眠れない夜は、きみの声が聴きたくて
六回目のまた明日
スマホが壊れてきみとの写真も消えた時、これでリセットできたって思ったけれど、一体なにがリセットだったんだろうか。
なんにもちっとも、消えなかった。
考えないようにして、忘れようとしても、本当になにひとつ、きみだけは消せなかったんだよ。
夏休みはとくにやることもなく時間だけをもて余していた。学校から出された課題は早々に終わらせてしまったし、趣味でも見つけようと大人塗り絵を買おうとしてる私はどんだけ暇なんだろう。
「ねーね、どこー?」
閉めたはずの部屋のドアが開いていると思えば、未央がクマのぬいぐるみを抱っこしながら私のことを探していた。
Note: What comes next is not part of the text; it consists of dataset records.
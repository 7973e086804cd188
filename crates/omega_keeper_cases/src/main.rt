//! Cases of keepers, in memory and over databases: reads lines of calls, and prints the answer of each.
//!
//! A line is words: a subject, a call of it, and what the call is given. A line that begins with `#`
//! and one without a byte are printed as they are, so that cases can have headings.
#![tactic(auto)]

mod databases;
mod files;
mod steps;

use crate::steps::take_all;
use omega_calls::{Fault, answer_lines, number, text, words_of};
use omega_keep::{MemoryKeeper, SteadyKeeper};
use omega_model::Bytes;
use std::alloc::Global;
use std::io;

fn main(rt: HostRuntime) -> io::Result<()> {
    let alloc = rt.alloc();
    answer_lines(&rt, alloc, |line| answer(&rt, line))
}

/// The answer of a line's call.
fn answer(rt: &HostRuntime, line: &str) -> Result<String, Fault> {
    let alloc = rt.alloc();
    let words = words_of(alloc, line)?;
    let mut answers = String::new(alloc);
    answer_words(rt, words.as_slice(), &mut answers)?;
    Ok(answers)
}

/// Appends the answer of a call of these words: a subject, a call of it, and what the call is given.
fn answer_words(rt: &HostRuntime, words: &[Bytes], answers: &mut String) -> Result<(), Fault> {
    let [subject, call, rest @ ..] = words else {
        return Err(Fault::UnknownCall);
    };
    match text(subject)? {
        "keeper" => answer_of_keeper(rt, text(call)?, rest, answers),
        _ => Err(Fault::UnknownCall),
    }
}

/// Each takes steps on a new keeper, which are parted by ` : `, as are the answers. `memory CALL STEPS`: one in
/// memory, of which this load or append fails, counted from 0. `steady STEPS`: one that never fails.
/// `database STATEMENTS STEPS`: one over a database in memory that these statements have made.
/// `files STEPS`: two over files.
fn answer_of_keeper(
    rt: &HostRuntime,
    call: &str,
    words: &[Bytes],
    answers: &mut String,
) -> Result<(), Fault> {
    let alloc = rt.alloc();
    match (call, words) {
        ("memory", [call, steps @ ..]) => in_memory(alloc, number(call)?, steps, answers),
        ("steady", steps) => steady(alloc, steps, answers),
        ("database", [statements, steps @ ..]) => {
            databases::answer(alloc, text(statements)?, steps, answers)
        }
        ("files", steps) => files::answer(rt, steps, answers),
        _ => Err(Fault::UnknownCall),
    }
}

/// Takes steps on a new keeper in memory, of which this load or append fails.
fn in_memory(
    alloc: Global,
    failing: u64,
    steps: &[Bytes],
    answers: &mut String,
) -> Result<(), Fault> {
    let mut keeper = MemoryKeeper::new(alloc).fail_at(failing);
    take_all(alloc, &mut keeper, steps, answers)
}

/// Takes steps on a new keeper that never fails.
fn steady(alloc: Global, steps: &[Bytes], answers: &mut String) -> Result<(), Fault> {
    let mut keeper = SteadyKeeper::new(alloc);
    take_all(alloc, &mut keeper, steps, answers)
}
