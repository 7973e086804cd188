//! The counts of all schedulers.
ghost use Rattle.std.specs.Prelude.{◌≡◌, ◌∷◌, ◌++◌, ℕ, List, [], IfOk, OnOk, map};
ghost use Rattle.omega_model.specs.declared.entries.Entry.{Entry};
ghost use Rattle.omega_report.specs.Counted.{counts_in};
ghost use Rattle.omega_report.specs.Tallies.{added_at, tallies};

use crate::counts::Counts;
use omega_model::{Entry, NoMemory};
use std::alloc::Global;
use std::marker::Model;

/// The counts of each scheduler, from scheduler 0. A contract sees their list.
#[derive(Drop)]
pub struct Tally {
    counts: Vec<Counts>,
}

impl Model for Tally {
    ghost use Rattle.std.specs.Prelude.{List, map};
    ghost use Rattle.omega_model.specs.ReportCounts.{Counts};
    ghost use Rattle.omega_report.specs.Counted.{counts_in};

    ghost Value = { List Counts };

    ghost view = { λ t. map counts_in t.counts.items };
}

impl Tally {
    /// The counts of so many schedulers before the first entry.
    pub fn new(alloc: Global, schedulers: u32) -> Result<Tally, NoMemory>
        ensures { IfOk result (λ tally. tally ≡ tallies schedulers []) }
    {
        let counts = vec![in alloc; Counts::NONE; schedulers as usize]?;
        Ok(Tally { counts })
    }

    /// The counts, in the order of the schedulers' numbers.
    pub fn counts(&self) -> &[Counts]
        ensures { map counts_in result.now ≡ self.now }
    {
        self.counts.as_slice()
    }

    /// Counts the next entry: a commit for its scheduler, and nothing of any other entry. Costs its
    /// claims.
    pub fn note(&mut self, entry: &Entry) -> Result<(), NoMemory>
        ensures { OnOk result ((schedulers : ℕ) (history : List Entry) → self.old ≡ tallies schedulers history → self.new ≡ tallies schedulers (history ++ entry.now ∷ [])) }
    {
        match entry {
            Entry::Commit {
                scheduler,
                txn,
                reply,
                ..
            } => {
                let more = Counts::of_commit(txn, reply.as_slice())?;
                self.add(*scheduler as usize, &more)?;
                Ok(())
            }
            _ => Ok(()),
        }
    }

    /// Adds counts to those of a scheduler, if it is known.
    fn add(&mut self, scheduler: usize, more: &Counts) -> Result<(), NoMemory>
        ensures { OnOk result (self.new ≡ added_at scheduler (counts_in more.now) self.old) }
    {
        if scheduler < self.counts.len() {
            self.counts[scheduler] = self.counts[scheduler].plus(more)?;
        }
        Ok(())
    }
}
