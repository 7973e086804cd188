//! What is counted in the reply to one commit.
ghost use Rattle.std.specs.Prelude.{◌≡◌, ◌∷◌, ◌+◌, ℕ, [], count_by, length, not, IfOk, if◌then◌else◌};
ghost use Rattle.std.specs.List.{list_any};
ghost use Rattle.omega_model.specs.Reply.{admits};
ghost use Rattle.omega_model.specs.ReportCounts.{evicted_by, is_refused, is_withdrawn};
ghost use Rattle.omega_model.specs.Touches.{is_placed};
ghost use Rattle.omega_model.specs.declared.entries.Entry.{Entry};
ghost use Rattle.omega_report.specs.Counted.{counts_in};
ghost use Rattle.omega_report.specs.Tallies.{counts_over, sum_of_counts};

use crate::counts::Counts;
use omega_model::{Judgement, NoMemory, Txn, Verdict};

impl Counts {
    /// Nothing counted.
    pub const NONE: Counts = Counts {
        commits: 0,
        empty: 0,
        placing: 0,
        conflicted: 0,
        placed: 0,
        refused: 0,
        withdrawn: 0,
        evicted: 0,
    };

    /// The counts of one commit, whoever made it. Costs its claims. `NoMemory` where it evicts more
    /// than 2^64 - 1 tasks, which fit into no memory.
    pub fn of_commit(txn: &Txn, reply: &[Judgement]) -> Result<Counts, NoMemory>
        ensures { IfOk result (λ counts. (scheduler seen : ℕ) → counts_in counts ≡ counts_over (Entry.Commit scheduler seen txn.now reply.now ∷ [])) }
    {
        Ok(Counts {
            commits: 1,
            empty: one_if(txn.claims.is_empty()),
            placing: one_if(places_some(reply)),
            conflicted: one_if(leaves_some(reply)),
            placed: placed_in(reply),
            refused: refused_in(reply),
            withdrawn: withdrawn_in(reply),
            evicted: evicted_in(reply)?,
        })
    }

    /// The sum of two counts. `NoMemory` where a sum is above 2^64 - 1: so much fits into no memory, and
    /// so can't have been counted.
    pub fn plus(&self, other: &Counts) -> Result<Counts, NoMemory>
        ensures { IfOk result (λ counts. counts_in counts ≡ sum_of_counts (counts_in self.now) (counts_in other.now)) }
    {
        Ok(Counts {
            commits: sum(self.commits, other.commits)?,
            empty: sum(self.empty, other.empty)?,
            placing: sum(self.placing, other.placing)?,
            conflicted: sum(self.conflicted, other.conflicted)?,
            placed: sum(self.placed, other.placed)?,
            refused: sum(self.refused, other.refused)?,
            withdrawn: sum(self.withdrawn, other.withdrawn)?,
            evicted: sum(self.evicted, other.evicted)?,
        })
    }
}

fn sum(a: u64, b: u64) -> Result<u64, NoMemory>
    ensures { IfOk result (λ sum. sum ≡ a + b) }
{
    match a.checked_add(b) {
        Some(sum) => Ok(sum),
        None => Err(NoMemory),
    }
}

fn one_if(test: bool) -> u64
    ensures { result ≡ (if test then 1 else 0) }
{
    if test { 1 } else { 0 }
}

/// Whether a claim is placed.
pub fn places_some(reply: &[Judgement]) -> bool
    ensures { result ≡ list_any admits reply.now }
{
    reply.iter().any(|judgement| judgement.verdict.is_placed())
}

/// Whether a claim isn't placed.
fn leaves_some(reply: &[Judgement]) -> bool
    ensures { result ≡ list_any (λ judgement. not (admits judgement)) reply.now }
{
    reply.iter().any(|judgement| !judgement.verdict.is_placed())
}

/// How many claims are placed.
fn placed_in(reply: &[Judgement]) -> u64
    ensures { result ≡ count_by (λ judgement. is_placed judgement.verdict) reply.now }
{
    reply
        .iter()
        .filter(|judgement| judgement.verdict.is_placed())
        .count() as u64
}

/// How many claims are refused.
fn refused_in(reply: &[Judgement]) -> u64
    ensures { result ≡ count_by (λ judgement. is_refused judgement.verdict) reply.now }
{
    reply
        .iter()
        .filter(|judgement| is_refused(judgement.verdict))
        .count() as u64
}

/// How many claims are withdrawn.
fn withdrawn_in(reply: &[Judgement]) -> u64
    ensures { result ≡ count_by (λ judgement. is_withdrawn judgement.verdict) reply.now }
{
    reply
        .iter()
        .filter(|judgement| is_withdrawn(judgement.verdict))
        .count() as u64
}

/// How many tasks the placed claims evict.
fn evicted_in(reply: &[Judgement]) -> Result<u64, NoMemory>
    ensures { IfOk result (λ count. count ≡ length (evicted_by reply.now)) }
{
    let mut count = 0;
    for judgement in reply {
        if judgement.verdict.is_placed() {
            count = sum(count, judgement.evicted.len() as u64)?;
        }
    }
    Ok(count)
}

fn is_withdrawn(verdict: Verdict) -> bool
    ensures { result ≡ is_withdrawn verdict }
{
    matches!(verdict, Verdict::Withdrawn(_))
}

fn is_refused(verdict: Verdict) -> bool
    ensures { result ≡ is_refused verdict }
{
    !verdict.is_placed() && !is_withdrawn(verdict)
}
熱中症で入院していた妹はすっかり回復して元気になった。
もちろん私の不注意で具合が悪くなってしまったことはわかっていない。
まだ二年しか生きていない未央は無垢すぎて、なんだか余計に自分が汚く思えてしまう。クッションの裏になんているわけがないのに「ねーね、ねーね」と私のことを呼び続けているのでさすがに声をかけた。
「ここだよ」
「どこに行ってたのー?」
「トイレ」
「未央はね、まだオムツ」
「うん、知ってる」
そんな会話をしていると、お母さんが階段を上がってきた。目が合ってお互いに気まずい顔をする。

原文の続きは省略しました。